Design and participants
The Institute of Tropical Medicine at Nagasaki University established the Health and Demographic Surveillance System (HDSS) in 2006 in Mbita Constituency, Homa Bay County in Kenya, which is located approximately 300 km west of Nairobi, Kenya. The HDSS program recruited 11,182 households and 55,929 inhabitants on July 1, 2011. From the list of names of recruited individuals in the HDSS, 150 individuals aged 65 years and over were randomly selected from four sub-locations in Mbita Constituency. The sampling rate of this study was 35% (150/434). The home visit study was conducted from 2014 to 2016 in the following sub-locations: Mbita center and south sub-location in 2014, east sub-location in 2015, and middle-south sub-location in 2016. Before commencing the home visit study, community health workers engaged in the HDSS program, visited the participants’ houses, and explained the purpose of the research, and made an appointment for the home visit. Informed consent was obtained at the time of the home visit by the authors after the purpose of the study was comprehensively explained to the participants.
A total of 131 participants provided informed consent, received a dental examination, and completed a questionnaire (collecting rate is 87.3%). One of the authors, a dentist (H.F.), examined the dental status of the participants by assessing the participants’ teeth using a disposable dental mirror and a portable light. The examination was performed outside the homes with the participants seated on an ordinary chair under direct sunlight. Dental status was assessed using the World Health Organization standards. The number of teeth present was counted, including the number of sound teeth, decayed teeth, and roots of the teeth. The present teeth ranged from 0 to 32. Functional tooth units (FTUs) are points derived from adding the number of pairs of molar and premolar. One pair of molars and one pair of premolars are equivalent to 2 points and 1 point, respectively, based on FTUs. FTUs range from 0 to 12 points per participant. If retained dental roots of the molars and/or premolars were observed, they were not counted as a pair.

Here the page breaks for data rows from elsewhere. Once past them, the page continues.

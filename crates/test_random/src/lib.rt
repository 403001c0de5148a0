//! Pseudo-random numbers for tests, the same in each run, so that what a test prints can be compared.
//!
//! ```
//! use test_random::Xorshift;
//!
//! /// A throw of a die; the one after it comes from the same generator.
//! fn throw(random: &mut Xorshift) -> u64 {
//!     random.next() % 6 + 1
//! }
//! ```
//!
//! `Xorshift::FIRST` is the generator to begin with.

#![tactic(auto)]

ghost use Rattle.std.specs.Prelude.{◌≡◌};
ghost use Rattle.test_random.specs.Xorshift.{stepped};

/// Marsaglia's xorshift generator with 64 bits of state.
#[derive(Clone, Copy, Debug, PartialEq, Eq)]
pub struct Xorshift {
    pub state: u64,
}

impl Xorshift {
    /// The generator in the state that is usually taken first.
    pub const FIRST: Xorshift = Xorshift {
        state: 88172645463325252,
    };

    /// The next number, which is the state then.
    pub fn next(&mut self) -> u64
        ensures value { result ≡ stepped self.old.state }
        ensures state { self.new.state ≡ stepped self.old.state }
    {
        self.state ^= self.state << 13;
        self.state ^= self.state >> 7;
        self.state ^= self.state << 17;
        self.state
    }
}
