#[test]
fn tells_of_the_directory(rt: HostRuntime) -> Result<(), Fail> {
    let table: [(&str, &str, &str); 10] = [
        (
            "stat-region r0\n",
            "0.0 meta stat-region r0 : ok\n",
            "illegal 9 2\n",
        ),
        (
            "stat-region r0\n",
            "0.0 meta stat-region r0 : error Absent\n",
            "illegal 9 2\n",
        ),
        (
            "destroy r0\n",
            "0.0 meta destroy r0 : ok\n",
            "illegal 9 2\n",
        ),
        (
            "destroy r1\n",
            "0.0 meta destroy r1 : error BadHandle\n",
            "illegal 9 2\n",
        ),
        (
            "region r1 a 64 700\n",
            "0.0 meta region r1 a 64 700 : region 2\n",
            "illegal 9 2\n",
        ),
        (
            "region r1 a 64 700\n",
            "0.0 meta region r1 a 64 700 : error NoSpace\n",
            "illegal 9 2\n",
        ),
        (
            "region r1 a 64 700\nregion r2 a 64 700\n",
            "0.0 meta region r1 a 64 700 : region 1\n0.1 meta region r2 a 64 700 : region 2\n",
            "illegal 11 2\n",
        ),
        (
            "region r1 a 128 700\nalloc i1 x 64 600 r1\n",
            "0.0 meta region r1 a 128 700 : region 1\n0.1 meta alloc i1 x 64 600 r1 : error NoSpace\n",
            "illegal 11 2\n",
        ),
        (
            "region r1 a 128 700\nalloc i1 x 64 600 r1\n",
            "0.0 meta region r1 a 128 700 : region 1\n0.1 meta alloc i1 x 64 600 r1 : item 1 1 32 64\n",
            "illegal 11 2\n",
        ),
        (
            "region r1 a 128 700\nalloc i1 x 64 600 r1\n",
            "0.0 meta region r1 a 128 700 : region 1\n0.1 meta alloc i1 x 64 600 r1 : item 1 1 128 64\n",
            "illegal 11 2\n",
        ),
    ];
    check_events(&rt, rt.alloc(), &table)
}

#[test]
fn tells_of_the_answer_at_issue(rt: HostRuntime) -> Result<(), Fail> {
    let table: [(&str, &str, &str); 7] = [
        (
            "put c0 i0 0 01\n",
            "0.0 issue put c0 i0 0 01 : error Range\n",
            "illegal 9 3\n",
        ),
        (
            "put c0 i0 4096 01\n",
            "0.0 issue put c0 i0 4096 01 : issued\n",
            "illegal 9 3\n",
        ),
        (
            "put c0 i0 4096 01\n",
            "0.0 issue put c0 i0 4096 01 : error Absent\n",
            "illegal 9 3\n",
        ),
        (
            "put c0 i1 0 01\n",
            "0.0 issue put c0 i1 0 01 : issued\n",
            "illegal 9 3\n",
        ),
        (
            "put c1 i0 0 01\n",
            "0.0 issue put c1 i0 0 01 : issued\n",
            "illegal 9 3\n",
        ),
        (
            "quiet c0\n",
            "0.0 issue quiet c0 : issued\n",
            "illegal 9 3\n",
        ),
        (
            "copy-wait c0 0\n",
            "0.0 issue copy-wait c0 0 : issued\n",
            "illegal 9 3\n",
        ),
    ];
    check_events(&rt, rt.alloc(), &table)
}

const PUT: &str = "put-nb c0 i0 0 01\n";

const PUT_ISSUED: &str = "0.0 issue put-nb c0 i0 0 01 : issued\n";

Perceived general health was measured by answering “good,” “average,” and “bad” to the question “How is your general health?” Perceived general health was divided into the following two categories: “good/average” and “poor.” Data on subjective masticatory ability and periodontal symptoms “gum bleeding” and “tooth mobility” were also collected using self-recorded questionnaires.

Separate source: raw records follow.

//! Openings with regions and items.

use super::{check, push_line};
use std::test::Fail;

/// An opening with two regions and two items, before a run of no program.
const OPENED: [&str; 6] = [
    "opening 3 3",
    "region 1 5 5 700 4096 a",
    "region 2 5 4294967295 700 128 b",
    "item 1 1 0 256 5 6 600 x",
    "item 2 1 256 64 5 6 600 y",
    "events 0",
];

#[test]
fn tells_unlawful_openings(rt: HostRuntime) -> Result<(), Fail> {
    let table: [(usize, &str, &str); 12] = [
        (1, "opening 3 3", "legal 0\n"),
        (1, "opening 2 3", "illegal 6 15\n"),
        (1, "opening 3 2", "illegal 8 15\n"),
        (1, "opening 9223372036854775809 3", "illegal 4 15\n"),
        (2, "region 0 5 5 700 4096 a", "illegal 5 15\n"),
        (2, "region 1 5 5 700 67108865 a", "illegal 5 15\n"),
        (2, "region 1 5 5 700 4096 a/b", "illegal 5 15\n"),
        (3, "region 2 5 5 700 128 a", "illegal 6 15\n"),
        (4, "item 1 3 0 256 5 6 600 x", "illegal 7 15\n"),
        (5, "item 2 1 192 64 5 6 600 y", "illegal 8 15\n"),
        (5, "item 1 1 256 64 5 6 600 y", "illegal 8 15\n"),
        (6, "events 1", "illegal 10 15\n"),
    ];
    for (number, other, told) in table {
        let mut input = Vec::from_slice(rt.alloc(), b"service 1 1 64\nstop\nreplies\n")?;
        for (place, line) in OPENED.iter().enumerate() {
            let shown = if place + 1 == number { other } else { *line };
            push_line(&mut input, shown)?;
        }
        push_line(&mut input, "done")?;
        check(&rt, rt.alloc(), input.as_slice(), told)?;
    }
    Ok(())
}

const LOOKED_UP: &str = "service 1 1 64
pe 5 5
lookup-region r1 a
region r2 c 64 700
lookup i1 x a
end
stop
replies
0.0 region 1
0.1 region 3
0.2 item 1 1 0 256
0.3 left
opening 3 3
region 1 5 5 700 4096 a
region 2 5 4294967295 700 128 b
item 1 1 0 256 5 6 600 x
item 2 1 256 64 5 6 600 y
events 4
0.0 meta lookup-region r1 a : region 1
";

#[test]
fn judges_behind_an_opening(rt: HostRuntime) -> Result<(), Fail> {
    let table: [(&str, &str); 4] = [
        ("0.1 meta region r2 c 64 700 : region 3", "legal 4\n"),
        ("0.1 meta region r2 c 64 700 : region 4", "illegal 20 2\n"),
        ("0.1 meta region r2 b 64 700 : region 3", "illegal 20 1\n"),
        (
            "0.1 meta region r2 c 64 700 : error Exists",
            "illegal 20 2\n",
        ),
    ];
    for (event, told) in table {
        let input = format!(in rt.alloc();
            "{LOOKED_UP}{event}\n0.2 meta lookup i1 x a : item 1 1 0 256\n0.3 leave\ndone\n"
        )?;
        check(&rt, rt.alloc(), input.as_bytes(), told)?;
    }
    Ok(())
}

Any participant having severe tooth pain and oral lesions were treated by prescribing medication and referring the participant to the nearest dental facilities by one of the authors, a Kenyan dentist (E.W.). None of the participants experienced severe tooth pain requiring medication or referral. A visual oral examination was performed without periodontal probing. Therefore, measuring the periodontal pocket depth was not possible. Traditional extraction of lower anterior incisor and canine teeth (33 to 43), which is common in the elderly population, was verbally confirmed by the participants.
Data analysis
A difference in percentages was tested using the chi-squared test and Fisher’s exact test. The mean number of teeth present was not a normal distribution. Therefore, the difference in the number of teeth present and FTU points based on the participants’ characteristics and perceived general health was verified using the Mann-Whitney U test and the Kruskal-Wallis test. The odds ratio of good general health based on the participants’ masticatory satisfaction was calculated by logistic analysis. All statistical analyses were performed using the IBM SPSS version 20.0. The level of significance was set at 5%.
Ethics approval
This study was conducted in full accordance with the World Medical Association Declaration of Helsinki. The study was approved by the ethics and research committee of the Kenyatta National Hospital/University of Nairobi (P328) on August 7, 2013.